------ Input material

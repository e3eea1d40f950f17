// Values as items of the kit's `serde`.

use crate::checks::{is_refused_at, is_written};
use cbor_serde::{
    Float, Item, Options, Result as Answer, Value, from_reader, from_slice, from_slice_with, to_vec,
};
use std::alloc::Global;
use test_checks::{Verdict, is_refused};

fn read_item(alloc: Global, bytes: &[u8]) -> Answer<Item> {
    from_slice(alloc, bytes)
}

// RFC 7049, Appendix A: what is written again as it was read.
const ITEMS: [&[u8]; 12] = [
    b"\x18\x18",
    b"\x1b\xff\xff\xff\xff\xff\xff\xff\xff",
    b"\x3b\xff\xff\xff\xff\xff\xff\xff\xff",
    b"\xf4",
    b"\xf6",
    b"\xfb\x3f\xf1\x99\x99\x99\x99\x99\x9a",
    b"\x44\x01\x02\x03\x04",
    b"\x64IETF",
    b"\x83\x01\x82\x02\x03\x82\x04\x05",
    b"\xa2\x61a\x01\x61b\x82\x02\x03",
    b"\xa2\x01\x02\x03\x04",
    b"\x82\x61a\xa1\x61b\x61c",
];

#[test]
fn reads_and_writes_items(rt: HostRuntime) -> Verdict {
    let alloc = rt.alloc();
    for bytes in &ITEMS {
        let read = read_item(alloc, bytes)?;
        is_written(&rt, alloc, &read, bytes)?;
        let again: Item = from_reader(alloc, *bytes)?;
        assert!(rt; again.0 == read.0, "{bytes:?}");
    }
    Ok(())
}

// The same values from outside, where the encoding has a choice.
#[test]
fn reads_other_encodings(rt: HostRuntime) -> Verdict {
    let alloc = rt.alloc();
    let tagged = read_item(alloc, b"\xc1\x1a\x51\x4b\x67\xb0")?;
    assert_eq!(rt; tagged.0, Value::Integer(1363896240));
    let half = read_item(alloc, b"\xf9\x3e\0")?;
    assert_eq!(rt; half.0.as_f64(), Some(1.5));
    Ok(())
}

// An array up to its break, of which a text is in chunks; and a key that is there twice.
const OTHERWISE: &[(&[u8], &[u8])] = &[
    (
        b"\x9f\x01\x7f\x65strea\x64ming\xff\xff",
        b"\x82\x01\x69streaming",
    ),
    (b"\xa2\x01\x02\x01\x03", b"\xa1\x01\x03"),
];

#[test]
fn writes_other_encodings_as_its_own(rt: HostRuntime) -> Verdict {
    for (bytes, written) in OTHERWISE {
        is_written(&rt, rt.alloc(), &read_item(rt.alloc(), bytes)?, written)?;
    }
    Ok(())
}

// Where names may be integers, an integer is one still.
#[test]
fn reads_integers_as_such(rt: HostRuntime) -> Verdict {
    let bytes = b"\x83\x05\x26\x61\x35";
    let integers = Options::new().integer_keys();
    let item: Item = from_slice_with(integers, rt.alloc(), bytes)?;
    is_written(&rt, rt.alloc(), &item, bytes)
}

#[test]
fn writes_floats_and_refuses_tags(rt: HostRuntime) -> Verdict {
    let alloc = rt.alloc();
    let half = Item(Value::Float(Float::Half(0x3e00)));
    is_written(&rt, alloc, &half, b"\xfa\x3f\xc0\0\0")?;
    let tagged = Item(Value::Tag(1, Box::new(alloc, Value::Null)?));
    is_refused(to_vec(alloc, &tagged), "a tag is no item of serde's")
}

const NO_ITEMS: &[(&[u8], &str)] = &[
    (b"\x82\x01", "EOF while parsing a value at offset 2"),
    (b"\x1c", "unassigned type at offset 1"),
];

#[test]
fn refuses_what_is_no_item(rt: HostRuntime) -> Verdict {
    for (row, (bytes, words)) in NO_ITEMS.iter().enumerate() {
        is_refused_at(row, read_item(rt.alloc(), bytes), words)?;
    }
    Ok(())
}

// RFC 8259, of items of RFC 7049, Appendix A: literals, numbers, a string whose characters are
// escaped, arrays and an object.
#[test]
fn go_to_json(rt: HostRuntime) -> Verdict {
    let alloc = rt.alloc();
    for (bytes, text) in [
        (b"\xf6".as_slice(), "null"),
        (b"\xf5", "true"),
        (b"\x39\x03\xe7", "-1000"),
        (b"\xfb\x3f\xf1\x99\x99\x99\x99\x99\x9a", "1.1"),
        (b"\x62\"\\", "\"\\\"\\\\\""),
        (b"\x83\x01\x82\x02\x03\x82\x04\x05", "[1,[2,3],[4,5]]"),
        (b"\xa2\x61a\x01\x61b\x82\x02\x03", "{\"a\":1,\"b\":[2,3]}"),
    ] {
        let read = read_item(alloc, bytes)?;
        assert_eq!(rt; serde_json::to_string(alloc, &read)?.as_str(), text);
        let again: Item = serde_json::from_str(alloc, text)?;
        assert!(rt; again == read);
    }
    Ok(())
}
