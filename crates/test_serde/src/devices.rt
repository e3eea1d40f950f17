// A reader that fails.

use cbor_serde::{ErrorCode, Result as Answer, from_reader};
use std::io;
use std::process::Abort;
use std::test::Fail;
use test_checks::Verdict;

// It gives one byte, and then fails.
#[derive(Drop)]
pub struct Failing {
    pub given: bool,
}

impl io::Read for Failing {
    fn read(&mut self, buf: &mut [u8]) -> io::Result<usize> {
        if self.given || buf.is_empty() {
            return Err(io::Error::from(io::ErrorKind::TimedOut));
        }
        self.given = true;
        buf[0] = 0x18;
        Ok(1)
    }
}

// The call was refused for the reader's fault, of its kind.
pub fn is_its_fault<T: Drop>(rt: &impl Abort, answer: Answer<T>) -> Verdict {
    let Err(e) = answer else {
        return Err(Fail::from("no fault"));
    };
    match e.code() {
        ErrorCode::Io(fault) => assert!(rt; fault.kind() == io::ErrorKind::TimedOut),
        _ => return Err(Fail::from(e)),
    }
    assert!(rt; e.offset() == 0);
    Ok(())
}

#[test]
fn passes_on_a_fault(rt: HostRuntime) -> Verdict {
    is_its_fault(
        &rt,
        from_reader::<Failing, u8>(rt.alloc(), Failing { given: false }),
    )
}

------------

_What the task asks_
Find "is there twice." in the entries above and copy that whole line exactly, then each line after it through the line that contains "let half = Item(Value::Float(Float::Half(0x3e00)));".

_Written solution_
// An array up to its break, of which a text is in chunks; and a key that is there twice.
const OTHERWISE: &[(&[u8], &[u8])] = &[
    (
        b"\x9f\x01\x7f\x65strea\x64ming\xff\xff",
        b"\x82\x01\x69streaming",
    ),
    (b"\xa2\x01\x02\x01\x03", b"\xa1\x01\x03"),
];

#[test]
fn writes_other_encodings_as_its_own(rt: HostRuntime) -> Verdict {
    for (bytes, written) in OTHERWISE {
        is_written(&rt, rt.alloc(), &read_item(rt.alloc(), bytes)?, written)?;
    }
    Ok(())
}

// Where names may be integers, an integer is one still.
#[test]
fn reads_integers_as_such(rt: HostRuntime) -> Verdict {
    let bytes = b"\x83\x05\x26\x61\x35";
    let integers = Options::new().integer_keys();
    let item: Item = from_slice_with(integers, rt.alloc(), bytes)?;
    is_written(&rt, rt.alloc(), &item, bytes)
}

#[test]
fn writes_floats_and_refuses_tags(rt: HostRuntime) -> Verdict {
    let alloc = rt.alloc();
    let half = Item(Value::Float(Float::Half(0x3e00)));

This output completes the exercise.